Property | Snowflake Destination | Redshift Destination |
---|---|---|
Default Threshold | 0 | 1000 |
Maximum allowed threshold | 100000 | 100000 |
Threshold in Database Connector | Not allowed to edit (Default is 0) | Allowed to edit |
Threshold in REST API, Webhook, Braze Currents connectors | Not Available | Not Available |
Schema Evolution
Schema evolution is handled in the cases where any column is added or deleted in the data in a feed run.
New column added
When a new column is identified during a feed run, the column is added in ingestion with datatype 'string' and the value for that column in all previous records is set to NULL.
Existing column deleted
When a column is identified to be deleted during a feed run, the column is not deleted from the table in destination and for the new feed runs the value in new records is set to NULL for new records.

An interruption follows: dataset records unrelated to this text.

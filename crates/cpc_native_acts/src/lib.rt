//! What one step of a frame does: assignments, calls, returns, requests and tests.
#![tactic(auto)]

mod act;
mod deeds;
mod detached;
mod fits;
mod taken;
mod writing;

pub use act::{Act, step};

Changing the data type of a schema
When specifying the destination for both Snowflake and Redshift destinations, you can change the data type of your schema.
This function is available for all connectors apart from Webhook and Braze currents connectors.
Choose the required column name or field name and click the dropdown icon next to the Suggested Data Type.
The following data types are available:
JSON
TIMESTAMP
INTEGER
DATE
NUMERIC
STRING
BOOLEAN
In the current release, TIMESTAMPTZ
is not supported.
Any data in this format will be ingested as a string by default.